Miss Livingstone's pale small smile fell like a snow-flake upon Hilda's mood and was swallowed up. "You are very preposterous," she said. "Go on. You always amuse one." Then as if Hilda's going on were precisely the thing she could not quite endure, she said quickly, "The _Coromandel_ is telegraphed from Colombo to-day."

"Ah!", said Hilda.

"He leaves for Madras to-morrow. The thing is to take place there, you know."

"Then nothing but shipwreck can save him."

"Nothing but--what a horrible idea! Don't you think they may be happy? I really think they may."

"There is not one of the elements that give people, when they commit the paramount stupidity of marrying, reason to hope that they may not be miserable. Not one. If he were a strong man I should pity him less. But he's not. He's immensely dependent on his tastes, his friends, his circumstances."

Alicia looked at Hilda; her glance betrayed an attention caught upon an accidental phrase. She did not repeat it, she turned it over in her mind.

"You are thinking," Hilda said accusingly. "What are you thinking about?"

"Oh, nothing. I saw Stephen yesterday, I thought him looking rather wretched."

A shadow of grave consideration winged itself across Hilda's eyes.

"He works so much too hard," she said. "It is an appalling waste. But he will offer himself up."

Alicia looked unsatisfied. "He brought Mr. Lappe to tea," Miss Howe said.

The shadow went. "Should you think Brother Lappe," she demanded, "specially fitted for the cure of souls? Never, never, could I allow the process of my regeneration to come through Brother Lappe. He has such a little nose, and such wide pink cheeks, and such fat, sloping shoulders. Dear succulent Brother Lappe!"

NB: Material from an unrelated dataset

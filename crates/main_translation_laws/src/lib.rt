//! That a main program of numbers runs as the C file that is made for it. The functions here do nothing; their contracts are the laws.
#![tactic(auto)]

pub mod mains;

A Sister passed through the dormitory on a visit of inspection. Alicia bowed sweetly and the Sister inclined herself briefly with a cloistered smile. As she disappeared, Hilda threw a black skirt over her head, making a veil of it flowing backward, and rendered the visit, the noiseless measured, step, the little deprecating movements of inquiry, the benevolent recognition of a visitor from a world where people carried parasols and wore spotted muslins. She even effaced herself at the door on the track of the other to make it perfect, and came tack in the happy expansion of an artistic effort to find Alicia's regard penetrated with the light of a new conviction.

"Hilda," she said, "I should like to know what this last year has really been to you."

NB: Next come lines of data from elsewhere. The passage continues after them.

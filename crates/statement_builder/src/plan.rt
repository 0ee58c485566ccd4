//! How an item is written with those behind it, before they are.

use c_tree::expression::CExpr;
use named_items::{Head, Part};

/// How an item is written with those behind it.
#[derive(Drop)]
pub(crate) enum Plan {
    /// Nothing is built for it.
    Unwritten,
    /// A statement that is built already, with the items that belong to it: the jumps of its cases, where it is a `switch`.
    Whole(Part),
    /// An `if` whose block has so many items.
    OneArm(CExpr, usize),
    /// An `if` with an `else`, whose blocks have so many items, with a jump between them.
    TwoArms(CExpr, usize, usize),
    /// A `for` whose turn has so many items, with its growth and the jump back behind them. The test is taken already.
    Turns(Head, usize),
    /// An assignment and a `do` whose turn has so many items, with the test behind them.
    Once(CExpr, CExpr, usize),
}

"It has been very valuable," Miss Howe replied. Then she turned quickly away to hang up the black petticoat, and stood like that, shaking out its folds, so that Alicia might not see anything curious in her face as she heard her own words and understood what they meant.

A probationer came rapidly along the dormitory to where Hilda stood. She had the olive cheeks and the liquid eyes of the country; her lips were parted in a smile.

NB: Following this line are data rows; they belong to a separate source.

//! The items of an output, each under the descriptor that it gets (ANSI X3.9-1978, 12.8.2, 12.9.5.2 and 13.3).

ghost use Rattle.std.specs.Prelude.{◌≡◌, Some};
ghost use Rattle.f2c_outside.specs.Rows.{rows_of};
ghost use Rattle.c_tree.specs.TransferOutput as transfers;
ghost use Rattle.c_tree.specs.TransferOutput.{item_under};
ghost use Rattle.edit_rules.specs.Walks.{StandsIn};
ghost use Rattle.edit_rules.specs.Writer.{value_of};
ghost use Rattle.run_bytes.specs.Answers.{answered};
ghost use Rattle.formatted_records.specs.Sheets.{descriptor_of};
ghost use Rattle.formatted_output.specs.Reaching.{Reaches};
ghost use Rattle.c_tree.specs.LibraryArguments as arguments;
ghost use Rattle.listed_output.specs.Items.{StandsThere};
ghost use Rattle.formatted_output.specs.Putting.{PutsItem, PutsItems, items_given, list_shown};

use crate::acts::{Stop, Turn, act, stop_by, turn_of};
use crate::calls::FormattedOutput;
use c_tree::outcome::{CFault, CValue};
use control_lists::{count_from, length_from, number_through};
use edit_rules::{FormatWalk, ListValue};
use f2c_outside::devices::Device;
use f2c_outside::unit_table::UnitTable;
use formatted_records::{Field, RecordSheet};
use run_bytes::RunBytes;

/// Does what the format gives before the descriptor of the next item, and gives that descriptor.
pub(crate) fn next_field(
    walk: &mut FormatWalk,
    sheet: &mut RecordSheet,
    units: &mut UnitTable,
    unit: i32,
    format: &[u8],
) -> Result<Field, Stop>
    requires { StandsIn walk.old format.now }
    ensures { Reaches format.now walk.old walk.new unit sheet.old sheet.new (rows_of (λ b. (⟦<dyn Device as Device>⟧ b.vtable).device_state b.value) units.old) (rows_of (λ b. (⟦<dyn Device as Device>⟧ b.vtable).device_state b.value) units.new) result }
{
    'edits: loop {
        let edit = walk.next(format, true);
        match turn_of(edit) {
            Turn::Takes(field) => return Ok(field),
            Turn::Acts => {
                if let Err(stop) = act(sheet, units, unit, format, edit) {
                    return Err(stop);
                }
            }
            Turn::Ends => return Err(Stop::Number(4)),
        }
    }
}

/// An integer; an item of other than four bytes is none.
fn integer_at(run: &RunBytes, pointer: CValue, size: usize) -> Result<ListValue<'_>, CFault>
    ensures { answered value_of result ≡ transfers.if_four size (transfers.item_at transfers.IntegerItem run.now pointer size) }
{
    if size != 4 {
        return Ok(ListValue::Text(&[]));
    }
    match number_through(run, pointer) {
        Ok(number) => Ok(ListValue::Int(number)),
        Err(fault) => Err(fault),
    }
}

/// A logical; an item of other than four bytes is none.
fn logical_at(run: &RunBytes, pointer: CValue, size: usize) -> Result<ListValue<'_>, CFault>
    ensures { answered value_of result ≡ transfers.if_four size (transfers.item_at transfers.LogicalItem run.now pointer size) }
{
    if size != 4 {
        return Ok(ListValue::Text(&[]));
    }
    match number_through(run, pointer) {
        Ok(number) => Ok(ListValue::Logical(number != 0)),
        Err(fault) => Err(fault),
    }
}

/// The value of the item that a pointer points to, under its descriptor.
///
/// # Errors
/// The first fault of the item.
pub fn value_under(
    run: &RunBytes,
    field: Field,
    pointer: CValue,
    size: usize,
) -> Result<ListValue<'_>, CFault>
    ensures { answered value_of result ≡ item_under (Some (descriptor_of field)) run.now pointer size }
{
    match field {
        Field::Int { .. } => integer_at(run, pointer, size),
        Field::Logical { .. } => logical_at(run, pointer, size),
        Field::Text { .. } => match run.text(pointer, size) {
            Ok(text) => Ok(ListValue::Text(text)),
            Err(fault) => Err(fault),
        },
    }
}

/// Puts one item: what the format gives before its descriptor is done, then the item is fetched and written in its field.
pub(crate) fn put_item(
    output: &mut FormattedOutput,
    units: &mut UnitTable,
    format: &[u8],
    run: &RunBytes,
    pointer: CValue,
    size: usize,
) -> Result<(), Stop>
    requires { StandsIn output.old.walk format.now }
    ensures { PutsItem format.now output.old output.new run.now pointer size (rows_of (λ b. (⟦<dyn Device as Device>⟧ b.vtable).device_state b.value) units.old) (rows_of (λ b. (⟦<dyn Device as Device>⟧ b.vtable).device_state b.value) units.new) result }
{
    match next_field(
        &mut output.walk,
        &mut output.sheet,
        units,
        output.unit,
        format,
    ) {
        Ok(field) => match value_under(run, field, pointer, size) {
            Ok(value) => match output.sheet.field(field, value) {
                Ok(()) => Ok(()),
                Err(halt) => Err(stop_by(halt)),
            },
            Err(fault) => Err(Stop::Fault(fault)),
        },
        Err(stop) => Err(stop),
    }
}

/// The number of the items of a call, and the bytes of one.
#[derive(Clone, Copy)]
pub struct ItemList {
    /// How many items there are.
    pub count: usize,
    /// The bytes of one.
    pub size: usize,
}

/// What a call says of its items: a pointer to their count, and the length of one.
///
/// # Errors
/// The first fault of these arguments.
pub fn item_list(run: &RunBytes, count: CValue, size: CValue) -> Result<ItemList, CFault>
    ensures { answered list_shown result ≡ items_given run.now count size }
{
    let number = number_through(run, count)?;
    let count = count_from(number)?;
    let size = length_from(size)?;
    Ok(ItemList { count, size })
}

/// A pointer behind an item that is there. An empty text may stand anywhere.
pub fn behind(run: &RunBytes, pointer: CValue, size: usize) -> CValue
    ensures { StandsThere size run.now pointer → result ≡ arguments.shifted size pointer }
{
    match pointer {
        CValue::Pointer { object, offset } => match run.extent(object) {
            Some(extent) if offset < extent && size <= extent - offset => CValue::Pointer {
                object,
                offset: offset + size,
            },
            _ => pointer,
        },
        other => other,
    }
}

/// Puts so many items that stand one behind the other, each before the next.
pub(crate) fn put_items(
    output: &mut FormattedOutput,
    units: &mut UnitTable,
    format: &[u8],
    run: &RunBytes,
    list: ItemList,
    first: CValue,
) -> Result<(), Stop>
    requires { StandsIn output.old.walk format.now }
    ensures { PutsItems format.now output.old output.new run.now list.count list.size first (rows_of (λ b. (⟦<dyn Device as Device>⟧ b.vtable).device_state b.value) units.old) (rows_of (λ b. (⟦<dyn Device as Device>⟧ b.vtable).device_state b.value) units.new) result }
{
    let mut pointer = first;
    'items: for _ in 0..list.count {
        match put_item(output, units, format, run, pointer, list.size) {
            Ok(()) => pointer = behind(run, pointer, list.size),
            Err(stop) => return Err(stop),
        }
    }
    Ok(())
}
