//! Statements from items: the items are taken in order, each once, and a block or the turn of a loop is one call deeper.

ghost use Rattle.std.specs.Prelude.{◌≡◌, ◌+◌, ◌<◌, ◌≤◌, ◌^◌, length, take, drop, IfOk, Some, slice_get};
ghost use Rattle.named_items.specs.Layouts.{layout_of};
ghost use Rattle.named_items.specs.Structured as spec;
ghost use Rattle.statement_builder.specs.Plans.{Carries, carried, steps};
ghost use Rattle.statement_builder.specs.Taking.{Leaves, Takes};

use crate::growth::next_for;
use crate::parts::{do_by, for_by, if_by, if_else_by, marked, nothing, pass, passed, test_in};
use crate::plan::Plan;
use crate::planning::plan_part;
use crate::span::Span;
use c_tree::expression::CExpr;
use c_tree::statement::CStmt;
use named_items::{Head, Item, Layout, Part};
use plain_data::Items;
use std::alloc::{AllocError, Global};
use std::collections::VecDeque;

/// The structured statements of flat items; none where they have none.
///
/// # Errors
///
/// Want of memory.
pub fn build_statements(
    alloc: Global,
    layout: &Layout,
    items: Vec<Item>,
) -> Result<Option<Items<CStmt>>, AllocError>
    ensures { IfOk result (λ body. body ≡ spec.structured (layout_of layout.now) (length items.items) 0 items.items) }
{
    let count = items.as_slice().len();
    let mut ahead = VecDeque::from_vec(items);
    let span = Span {
        position: 0,
        count,
        turns: count,
    };
    statements(alloc, layout, &mut ahead, span)
}

/// The statements of the items of a span, which are taken.
#[cycle(statements)]
fn statements(
    alloc: Global,
    layout: &Layout,
    items: &mut VecDeque<Item>,
    span: Span,
) -> Result<Option<Items<CStmt>>, AllocError>
    requires within { span.count ≤ length items.old.items }
    requires fits { span.position + span.count < 2 ^ 64 }
    ensures written { IfOk result (λ r. r ≡ spec.structured (layout_of layout.now) span.turns span.position (take span.count items.old.items)) }
    ensures rest { IfOk result (Leaves items.old.items items.new.items span.count) }
{
    let mut written = Vec::new(alloc);
    let mut left = span;
    while left.count > 0 {
        if left.turns == 0 {
            return Ok(None);
        }
        let Some(item) = items.pop_front() else {
            return Ok(None);
        };
        left.count -= 1;
        left.turns -= 1;
        match part_at(alloc, layout, items, left, item)? {
            Some(part) => {
                left.position += 1 + part.taken;
                left.count -= part.taken;
                written.push(part.statement)?;
            }
            None => return Ok(None),
        }
    }
    Ok(Some(Items::from_vec(written)))
}

/// An item with those that belong to it, which are taken, and with its label.
#[cycle(statements)]
fn part_at(
    alloc: Global,
    layout: &Layout,
    items: &mut VecDeque<Item>,
    span: Span,
    item: Item,
) -> Result<Option<Part>, AllocError>
    requires within { span.count ≤ length items.old.items }
    requires fits { span.position + 1 + span.count < 2 ^ 64 }
    ensures built { IfOk result (λ r. r ≡ spec.part_at (layout_of layout.now) (spec.structured (layout_of layout.now) span.turns) span.position item (take span.count items.old.items)) }
    ensures rest { IfOk result (Takes items.old.items items.new.items span.count) }
{
    let plan = plan_part(alloc, layout, items, span, item)?;
    let part = carry(alloc, layout, items, span, plan)?;
    marked(alloc, layout.label(span.position), part)
}

/// What comes of a plan, with the items that belong to it taken.
#[cycle(statements)]
fn carry(
    alloc: Global,
    layout: &Layout,
    items: &mut VecDeque<Item>,
    span: Span,
    plan: Plan,
) -> Result<Option<Part>, AllocError>
    requires room { steps plan ≤ length items.old.items }
    requires fits { span.position + 1 + steps plan < 2 ^ 64 }
    ensures built { IfOk result (λ r. r ≡ carried (spec.structured (layout_of layout.now) span.turns) span.position plan items.old.items) }
    ensures rest { IfOk result (Carries items.old.items items.new.items plan) }
{
    match plan {
        Plan::Unwritten => Ok(None),
        Plan::Whole(part) => {
            pass(items, part.taken);
            Ok(Some(part))
        }
        Plan::OneArm(test, size) => one_arm(alloc, layout, items, span, test, size),
        Plan::TwoArms(test, size, other) => {
            two_arms(alloc, layout, items, span, test, size, other)
        }
        Plan::Turns(head, size) => turns_for(alloc, layout, items, span, head, size),
        Plan::Once(variable, first, size) => {
            once_for(alloc, layout, items, span, variable, first, size)
        }
    }
}

/// A test that passes so many items.
#[cycle(statements)]
fn one_arm(
    alloc: Global,
    layout: &Layout,
    items: &mut VecDeque<Item>,
    span: Span,
    test: CExpr,
    size: usize,
) -> Result<Option<Part>, AllocError>
    requires room { size ≤ length items.old.items }
    requires fits { span.position + 1 + size < 2 ^ 64 }
    ensures built { IfOk result (λ r. r ≡ spec.one_arm (spec.structured (layout_of layout.now) span.turns) span.position test size items.old.items) }
    ensures rest { IfOk result (Leaves items.old.items items.new.items size) }
{
    let arm = Span {
        position: span.position + 1,
        count: size,
        turns: span.turns,
    };
    let first = statements(alloc, layout, items, arm)?;
    Ok(if_by(test, size, first))
}

/// A test with two arms of so many items, and the jump between them.
#[cycle(statements)]
fn two_arms(
    alloc: Global,
    layout: &Layout,
    items: &mut VecDeque<Item>,
    span: Span,
    test: CExpr,
    size: usize,
    other: usize,
) -> Result<Option<Part>, AllocError>
    requires room { size + 1 + other ≤ length items.old.items }
    requires fits { span.position + 1 + (size + 1 + other) < 2 ^ 64 }
    ensures built { IfOk result (λ r. r ≡ spec.two_arms (spec.structured (layout_of layout.now) span.turns) span.position test size other items.old.items) }
    ensures rest { IfOk result (Leaves items.old.items items.new.items (size + 1 + other)) }
{
    let arm = Span {
        position: span.position + 1,
        count: size,
        turns: span.turns,
    };
    let Some(first) = statements(alloc, layout, items, arm)? else {
        return Ok(nothing(test));
    };
    let arm = Span {
        position: span.position + size + 2,
        count: other,
        turns: span.turns,
    };
    let second = second_arm(alloc, layout, items, arm)?;
    Ok(if_else_by(test, size + 1 + other, first, second))
}

/// The second arm, behind the jump at the end of the first.
#[cycle(statements)]
fn second_arm(
    alloc: Global,
    layout: &Layout,
    items: &mut VecDeque<Item>,
    arm: Span,
) -> Result<Option<Items<CStmt>>, AllocError>
    requires within { 1 + arm.count ≤ length items.old.items }
    requires fits { arm.position + arm.count < 2 ^ 64 }
    ensures written { IfOk result (λ r. r ≡ spec.structured (layout_of layout.now) arm.turns arm.position (take arm.count (drop 1 items.old.items))) }
    ensures rest { IfOk result (Leaves items.old.items items.new.items (1 + arm.count)) }
{
    passed(items.pop_front());
    statements(alloc, layout, items, arm)
}

/// A loop with its head, behind the test: so many items of a turn, the growth and the jump back.
#[cycle(statements)]
fn turns_for(
    alloc: Global,
    layout: &Layout,
    items: &mut VecDeque<Item>,
    span: Span,
    head: Head,
    size: usize,
) -> Result<Option<Part>, AllocError>
    requires room { size + 2 ≤ length items.old.items }
    requires fits { span.position + 1 + (size + 2) < 2 ^ 64 }
    ensures built { IfOk result (λ r. r ≡ spec.turns_for (spec.structured (layout_of layout.now) span.turns) span.position size head items.old.items) }
    ensures rest { IfOk result (Leaves items.old.items items.new.items (size + 2)) }
{
    let arm = Span {
        position: span.position + 2,
        count: size,
        turns: span.turns,
    };
    let Some(turn) = statements(alloc, layout, items, arm)? else {
        return Ok(nothing(head));
    };
    Ok(closed(items, head, size, turn))
}

/// A loop whose turn is written: its growth and its jump back are taken.
fn closed(items: &mut VecDeque<Item>, head: Head, size: usize, turn: Items<CStmt>) -> Option<Part>
    requires { size + 3 < 2 ^ 64 }
    ensures built { result ≡ spec.for_by head size (spec.next_for head.variable (slice_get items.old.items 0)) (Some turn) }
    ensures rest { items.new.items ≡ drop 2 items.old.items }
{
    let next = next_for(&head.variable, items.pop_front());
    passed(items.pop_front());
    for_by(head, size, next, turn)
}

/// A loop whose variable is first set, behind that: so many items of a turn and the test.
#[cycle(statements)]
fn once_for(
    alloc: Global,
    layout: &Layout,
    items: &mut VecDeque<Item>,
    span: Span,
    variable: CExpr,
    first: CExpr,
    size: usize,
) -> Result<Option<Part>, AllocError>
    requires room { size + 1 ≤ length items.old.items }
    requires fits { span.position + 1 + (size + 1) < 2 ^ 64 }
    ensures built { IfOk result (λ r. r ≡ spec.do_for (spec.structured (layout_of layout.now) span.turns) span.position size variable first items.old.items) }
    ensures rest { IfOk result (Leaves items.old.items items.new.items (size + 1)) }
{
    let arm = Span {
        position: span.position + 1,
        count: size,
        turns: span.turns,
    };
    let Some(turn) = statements(alloc, layout, items, arm)? else {
        return Ok(nothing((variable, first)));
    };
    tested(alloc, items, variable, first, size, turn)
}

/// A loop whose turn is written: its test is taken.
fn tested(
    alloc: Global,
    items: &mut VecDeque<Item>,
    variable: CExpr,
    first: CExpr,
    size: usize,
    turn: Items<CStmt>,
) -> Result<Option<Part>, AllocError>
    requires { size + 1 < 2 ^ 64 }
    ensures built { IfOk result (λ r. r ≡ spec.do_by variable first size (Some turn) (spec.test_in (slice_get items.old.items 0))) }
    ensures rest { items.new.items ≡ drop 1 items.old.items }
{
    let test = test_in(items.pop_front());
    do_by(alloc, variable, first, size, turn, test)
}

"Miss Howe," she said in the quick, clicking syllables of her race, "Sister Margaret wishes you to come immediately to the surgical ward. A case has come in, and Miss Gonsalvez is there, but Sister Margaret will not be bothered with Miss Gonsalvez. She says you are due by right in five minutes"--the messenger's smile broadened irresponsibly, and she put a fondling touch upon Hilda's apron string--"so will you please to make haste?"

"What's the case?" asked Hilda, "I hope it isn't another ship's-hold accident." But Alicia, a shade paler than before, put up her hand. "Wait till I'm gone," she said, and went quickly. The girl had opened her lips, however, but to say that she didn't know, she had only been seized to take the message, though it must be something serious, since they had sent for both the resident surgeons.


CHAPTER XXX.

Doctor Livingstone's concern was personal, that was plain in the way he stood looking at the floor of the corridor with his hands in his pockets, before Hilda reached him. Regret was written all over the lines of his pausing figure, with the compressed irritation which saved that feeling, in the Englishman's way, from being too obvious.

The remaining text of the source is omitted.